▸ **MATERIAL PROVIDED**:
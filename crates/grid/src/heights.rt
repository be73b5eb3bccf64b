// Steps in lower heights: how far they lie above the slope of the least steep step, or below that of the steepest.
ghost use Rattle.std.specs.Prelude.{true, false, ◌≡◌, ◌+◌, ◌*◌, ◌≤◌, T};
ghost use Rattle.tables.specs.Form.{Slight};
ghost use Rattle.tables.specs.Shapes.{Fenced};
ghost use Rattle.tables.specs.Heights.{Lifted, Beside, Height, Bounds, Heights, Turned};

use job::Job;
use tables::{Shape, Wall};

// The lesser of d and the slope of a step, rounded down.
fn gentler(d: usize, a: usize, c: usize) -> usize
    requires { (1 ≤ a) × (a ≤ 3) }
    ensures { (result ≤ d) × (result * a ≤ c) }
{
    if a == 1 {
        return d.min(c);
    }
    if a == 2 {
        return d.min(c / 2);
    }
    d.min(c / 3)
}

// The greater of d and the slope of a step, rounded up.
fn steeper(d: usize, a: usize, c: usize) -> usize
    requires { (d ≤ 6) × (1 ≤ a) × (a ≤ 3) × (c ≤ 3 * a + 3) }
    ensures { (d ≤ result) × (result ≤ 6) × (c ≤ result * a) }
{
    if a == 1 {
        return d.max(c);
    }
    if a == 2 {
        return d.max((c + 1) / 2);
    }
    d.max((c + 2) / 3)
}

// The lowest slope of the steps, rounded down.
pub(crate) fn lowest(s: &Shape) -> usize
    requires { Lifted s.now.k s.now.sa s.now.sc }
    ensures { Bounds false result s.now.k s.now.sa s.now.sc }
{
    let mut d: usize = 6;
    for i in 0..s.k {
        d = gentler(d, s.sa[i], s.sc[i]);
    }
    d
}

// The highest, rounded up; the slope of the shape's wall where that is higher.
pub(crate) fn highest(s: &Shape) -> usize
    requires { Lifted s.now.k s.now.sa s.now.sc × (s.now.wall.slope ≤ 3) }
    ensures { Bounds true result s.now.k s.now.sa s.now.sc × (s.now.wall.slope ≤ result) }
{
    let mut d = s.wall.slope;
    for i in 0..s.k {
        d = steeper(d, s.sa[i], s.sc[i]);
    }
    d
}

// How far the height y lies above the level, or below it where mirrored.
pub(crate) fn height(mirrored: bool, y: usize, level: usize) -> usize
    requires { Beside mirrored y level }
    ensures { Height mirrored y level result }
{
    if mirrored {
        return level - y;
    }
    y - level
}

// The same of each of the steps, from the slope d; in eight turns, which the compiler unrolls.
pub(crate) fn heights(s: &Shape, mirrored: bool, d: usize) -> [usize; Job::STEPS]
    requires { Lifted s.now.k s.now.sa s.now.sc × Bounds mirrored d s.now.k s.now.sa s.now.sc }
    ensures { Heights mirrored d s.now.sa s.now.sc result s.now.k }
{
    let mut up = [0usize; Job::STEPS];
    for i in 0..Job::STEPS {
        if i < s.k {
            let level = d * s.sa[i];
            up[i] = height(mirrored, s.sc[i], level);
        }
    }
    up
}

// The fence f seen from the slope d: one that is no steeper lies below every height, and a mirrored one is a roof.
pub(crate) fn wall(mirrored: bool, f: Wall, d: usize) -> Wall
    requires { Fenced f × (d ≤ 6) × (T mirrored → f.slope ≤ d) }
    ensures { Slight result × Turned mirrored f d result }
{
    if f.slope == 0 {
        return f;
    }
    if mirrored {
        return Wall {
            roof: true,
            slope: d - f.slope,
            start: f.start,
        };
    }
    Wall {
        roof: false,
        slope: f.slope.saturating_sub(d),
        start: f.start,
    }
}
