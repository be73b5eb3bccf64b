// Cells with a flag beside each: where a count needs more than 64 bits the flag is 1.
ghost use Rattle.std.specs.Prelude.{◌≡◌, ◌<◌, length};
ghost use Rattle.tables.specs.Cells.{cell_at, Put};
ghost use Rattle.tables.specs.Filling.{Parts, Totals};

use crate::column::source;
use crate::plan::Grid;
use job::Job;

pub(crate) fn cell(val: &[u64], ov: &[u8], i: usize) -> Option<u64>
    requires { (i < length val.now) × (i < length ov.now) }
    ensures { result ≡ cell_at val.now ov.now i }
{
    if ov[i] == 0 { Some(val[i]) } else { None }
}

// Cell i says r.
pub(crate) fn put(val: &mut [u64], ov: &mut [u8], i: usize, r: Option<u64>)
    requires { (i < length val.old) × (i < length ov.old) }
    ensures { Put val.old ov.old val.new ov.new i r }
{
    match r {
        Some(v) => {
            val[i] = v;
            ov[i] = 0;
        }
        None => {
            val[i] = 0;
            ov[i] = 1;
        }
    }
}

// What the eight steps bring to the cell at `at` of column x.
pub(crate) fn total(val: &[u64], ov: &[u8], g: &Grid, x: usize, at: usize) -> Option<u64>
    requires { Parts g.now.sa g.now.off val.now ov.now x at }
    ensures { Totals g.now.sa g.now.off val.now ov.now x at result }
{
    let mut acc: u64 = 0;
    for i in 0..Job::STEPS {
        let s = source(g, i, x, at);
        let v = cell(val, ov, s)?;
        acc = acc.checked_add(v)?;
    }
    Some(acc)
}
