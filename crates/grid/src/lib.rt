// Families 6 and 7: count, number and build over the table, filled column by column.
#![tactic(auto)]

ghost use Rattle.std.specs.Prelude.{◌≡◌, Some, true};
ghost use Rattle.rules.specs.Blocks.{family_of, paired};
ghost use Rattle.grid.specs.Meets.{CountMeets, NumberAllMeets, BuildAllMeets};

mod column;
mod cone;
mod counting;
mod edges;
mod flags;
mod heights;
mod known;
mod numbering;
mod plan;
mod shape;
mod spelling;
mod table;

use job::Refusal;
use known::shape_in;
use lines::Unanswered;

// Whether the block is of family 6 or 7.
fn is_mine(block: &[u8]) -> bool
    ensures { result ≡ paired (family_of block.now) }
{
    job::is_paired(job::family_of(block))
}

fn count_own(block: &[u8]) -> Result<u64, Refusal>
    requires { paired (family_of block.now) ≡ true }
    ensures { CountMeets block.now (Some result) }
{
    counting::count(shape_in(block)?)
}

// The count of a job of family 6 or 7 (document 01, "Counts").
pub fn count(block: &[u8]) -> Option<Result<u64, Refusal>>
    ensures { CountMeets block.now result }
{
    if !is_mine(block) {
        return None; // another crate counts it
    }
    Some(count_own(block))
}

fn number_own(
    block: &[u8],
    bytes: &[u8],
    from: usize,
    ends: &[usize],
    numbers: &mut [u64],
) -> Result<usize, Unanswered>
    requires { paired (family_of block.now) ≡ true }
    ensures { NumberAllMeets block.now bytes.now from ends.now numbers.old (Some result) numbers.new }
{
    if numbers.len() < ends.len() {
        return Err(Unanswered::NoRoom);
    }
    Ok(numbering::number_edges(shape_in(block)?, bytes, from, ends, numbers)?)
}

// The numbers of the edges of one lent slice, by where the first begins and each ends (001, algorithm 7).
pub fn number_all(
    block: &[u8],
    bytes: &[u8],
    from: usize,
    ends: &[usize],
    numbers: &mut [u64],
) -> Option<Result<usize, Unanswered>>
    ensures { NumberAllMeets block.now bytes.now from ends.now numbers.old result numbers.new }
{
    if !is_mine(block) {
        return None;
    }
    Some(number_own(block, bytes, from, ends, numbers))
}

fn build_own(
    block: &[u8],
    numbers: &[u64],
    steps: &mut [u8],
    ends: &mut [usize],
) -> Result<usize, Unanswered>
    requires { paired (family_of block.now) ≡ true }
    ensures { BuildAllMeets block.now numbers.now steps.old ends.old (Some result) steps.new ends.new }
{
    let room = lines::has_room(numbers.len(), steps.len(), ends.len());
    if !room {
        return Err(Unanswered::NoRoom);
    }
    Ok(spelling::spell_edges(shape_in(block)?, numbers, steps, ends)?)
}

// The edges of a list of numbers, one after the other, and where each ends (001, algorithm 8).
pub fn build_all(
    block: &[u8],
    numbers: &[u64],
    steps: &mut [u8],
    ends: &mut [usize],
) -> Option<Result<usize, Unanswered>>
    ensures { BuildAllMeets block.now numbers.now steps.old ends.old result steps.new ends.new }
{
    if !is_mine(block) {
        return None;
    }
    Some(build_own(block, numbers, steps, ends))
}
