// The numbers of edges of families 6 and 7: the table is filled once, and then each edge is read once, from its end.
ghost use Rattle.std.specs.Prelude.{false, ◌≤◌, length};
ghost use Rattle.lines.specs.Lines.{cut_from};
ghost use Rattle.lines.specs.Ranks.{FrontIn};
ghost use Rattle.tables.specs.Calls.{Countable, NumbersAs};
ghost use Rattle.tables.specs.Plans.{Narrow, valid_for, rank_for, NumbersFor};
ghost use Rattle.grid.specs.Grids.{LaidOut, PreparedBy, BlankBy, ReadableBy};

use crate::edges::read;
use crate::plan::{Grid, cells_of, grid_of, plan_of};
use crate::table::fill;
use job::Refusal;
use tables::{Plan, Shape};

// The numbers of the edges, up to the first string that is none; the answer is how many.
// kept: a loop like it in `arch` and `rows`: of one for all, over a reader that it is lent, each call `requires` what the reader does, and no public
// function of a library has a `requires`.
fn number_each(
    val: &[u64],
    g: &Grid,
    p: Plan,
    bytes: &[u8],
    from: usize,
    ends: &[usize],
    numbers: &mut [u64],
) -> usize
    requires { ReadableBy p g.now val.now × (length ends.now ≤ length numbers.old) }
    ensures { FrontIn (valid_for false p g.now.sa g.now.sc) (rank_for false p g.now.sa g.now.sc) (cut_from from ends.now bytes.now) numbers.old numbers.new result }
{
    let mut at = from;
    for (i, &end) in ends.iter().enumerate() {
        let Some(r) = read(val, g, p, lines::part(bytes, at, end)) else {
            return i;
        };
        numbers[i] = r;
        at = end;
    }
    ends.len()
}

// The numbers of the edges over a table that is still blank, or refusal 4.
// kept: bytes, from and ends come from the public call, and only `number_each` looks into them: a struct would be made to be taken apart
fn number_over(
    val: &mut [u64],
    g: &Grid,
    p: Plan,
    bytes: &[u8],
    from: usize,
    ends: &[usize],
    numbers: &mut [u64],
) -> Result<usize, Refusal>
    requires { BlankBy p g.now val.old × Narrow p × (length ends.now ≤ length numbers.old) }
    ensures { NumbersFor false p g.now.sa g.now.sc (cut_from from ends.now bytes.now) numbers.old numbers.new result }
{
    fill(val, g, p).ok_or(Refusal::Over)?;
    Ok(number_each(val, g, p, bytes, from, ends, numbers))
}

// The numbers of the edges, in a table of that many cells.
fn number_in<const CELLS: usize>(
    g: &Grid,
    p: Plan,
    bytes: &[u8],
    from: usize,
    ends: &[usize],
    numbers: &mut [u64],
) -> Result<usize, Refusal>
    requires { PreparedBy p g.now CELLS × (CELLS ≤ 3712) × Narrow p × (length ends.now ≤ length numbers.old) }
    ensures { NumbersFor false p g.now.sa g.now.sc (cut_from from ends.now bytes.now) numbers.old numbers.new result }
{
    let mut val = [0u64; CELLS];
    number_over(&mut val, g, p, bytes, from, ends, numbers)
}

// The numbers of the edges, in a table of the smallest of five sizes that has room.
fn number_planned(
    g: &Grid,
    p: Plan,
    bytes: &[u8],
    from: usize,
    ends: &[usize],
    numbers: &mut [u64],
) -> Result<usize, Refusal>
    requires { LaidOut p g.now × (length ends.now ≤ length numbers.old) }
    ensures { NumbersFor false p g.now.sa g.now.sc (cut_from from ends.now bytes.now) numbers.old numbers.new result }
{
    let cells = cells_of(p);
    if cells <= 128 {
        return number_in::<128>(g, p, bytes, from, ends, numbers);
    }
    if cells <= 384 {
        return number_in::<384>(g, p, bytes, from, ends, numbers);
    }
    if cells <= 1280 {
        return number_in::<1280>(g, p, bytes, from, ends, numbers);
    }
    if cells <= 2496 {
        return number_in::<2496>(g, p, bytes, from, ends, numbers);
    }
    number_in::<3712>(g, p, bytes, from, ends, numbers)
}

// The numbers of the edges of a job of this shape, up to the first string that is none, or refusal 4.
pub(crate) fn number_edges(
    shape: Option<Shape>,
    bytes: &[u8],
    from: usize,
    ends: &[usize],
    numbers: &mut [u64],
) -> Result<usize, Refusal>
    requires { Countable shape × (length ends.now ≤ length numbers.old) }
    ensures { NumbersAs shape (cut_from from ends.now bytes.now) numbers.old numbers.new result }
{
    let Some(s) = &shape else {
        return Ok(0);
    };
    let p = plan_of(s);
    let g = grid_of(s, p);
    number_planned(&g, p, bytes, from, ends, numbers)
}
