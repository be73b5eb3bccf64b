// The heights of a column that matter: behind the wall, and such that the end can still be reached.
ghost use Rattle.std.specs.Prelude.{◌≡◌, false, ◌+◌, ◌*◌, ◌≤◌, ◌<◌, length};
ghost use Rattle.tables.specs.Form.{unwalled};
ghost use Rattle.tables.specs.Table.{Bounded, Fence, From, Roof, To, Spans};

use tables::Wall;

// The lowest height of column x that a fence allows.
fn fence_at(f: Wall, x: usize) -> usize
    requires { Bounded f × (x ≤ 97) }
    ensures { Fence f x result }
{
    if f.roof {
        return 0;
    }
    let rise = f.slope * x;
    rise.saturating_sub(f.start)
}

// The height y, or the highest of column x that a roof allows where that is lower.
fn roof_at(f: Wall, x: usize, y: usize) -> usize
    requires { Bounded f × (x ≤ 97) }
    ensures { Roof f x y result }
{
    if !f.roof {
        return y;
    }
    let roof = f.slope * x + f.start;
    roof.min(y)
}

// A sixth of hi * x, rounded down. Where hi is a multiple of six, as it is if the steepest step goes one column, a loop over x adds and never
// divides.
fn reach_of(hi: usize, x: usize) -> usize
    requires { (hi ≤ 1000) × (x ≤ 97) }
    ensures { (6 * result ≤ hi * x) × (hi * x < 6 * result + 6) }
{
    let slope = hi / 6;
    if slope * 6 == hi {
        slope * x
    } else {
        hi * x / 6
    }
}

// The lowest height of column x that matters.
pub(crate) fn from_at(f: Wall, hi: usize, ex: usize, ey: usize, x: usize) -> usize
    requires { Bounded f × (hi ≤ 1000) × (ex ≤ 97) × (ey ≤ 1000) × (x ≤ ex) }
    ensures { From f hi ex ey x result }
{
    let reach = reach_of(hi, ex - x);
    let fence = fence_at(f, x);
    // kept: as `fence.max(ey.saturating_sub(reach))` a count of family 7 takes up to 11% more instructions
    if ey <= fence + reach {
        return fence;
    }
    ey - reach
}

// Past the highest height of column x that matters.
pub(crate) fn to_at(f: Wall, hi: usize, ey: usize, x: usize) -> usize
    requires { Bounded f × (hi ≤ 1000) × (ey ≤ 1000) × (x ≤ 97) }
    ensures { To f hi ey x result }
{
    let reach = roof_at(f, x, reach_of(hi, x));
    reach.min(ey) + 1
}

// Where the heights of each column that matter begin, and end.
#[derive(Drop)]
pub(crate) struct Ranges {
    pub(crate) starts: [usize; 33],
    pub(crate) stops: [usize; 33],
}

// The ranges of the columns 1 to ex, worked out once: from a formula the compiler would work them out anew for each of its tests.
fn set_ranges(ranges: &mut Ranges, f: Wall, hi: usize, ex: usize, ey: usize)
    requires bounded { Bounded f × (hi ≤ 1000) × (ex ≤ 32) × (ey ≤ 1000) }
    requires room { (length ranges.old.starts ≡ 33) × (length ranges.old.stops ≡ 33) }
    ensures { Spans f hi ex ey ranges.new.starts ranges.new.stops (ex + 1) }
{
    for x in 1..ex + 1 {
        ranges.starts[x] = from_at(f, hi, ex, ey, x);
        ranges.stops[x] = to_at(f, hi, ey, x);
    }
}

// The ranges of the columns 1 to ex. They are set in place: a loop that fills what it returns isn't split by whether the wall is a roof.
pub(crate) fn ranges_of(f: Wall, hi: usize, ex: usize, ey: usize) -> Ranges
    requires { Bounded f × (hi ≤ 1000) × (ex ≤ 32) × (ey ≤ 1000) }
    ensures { Spans f hi ex ey result.starts result.stops (ex + 1) }
{
    let mut ranges = Ranges {
        starts: [0; 33],
        stops: [0; 33],
    };
    set_ranges(&mut ranges, f, hi, ex, ey);
    ranges
}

▸ **WHAT YOU NEED TO DO**:
Look through the entries, and return every line that the word "Fenced" appears in.

▸ **EXPECTED OUTPUT**:
ghost use Rattle.tables.specs.Shapes.{Fenced};
    requires { Fenced f × (d ≤ 6) × (T mirrored → f.slope ≤ d) }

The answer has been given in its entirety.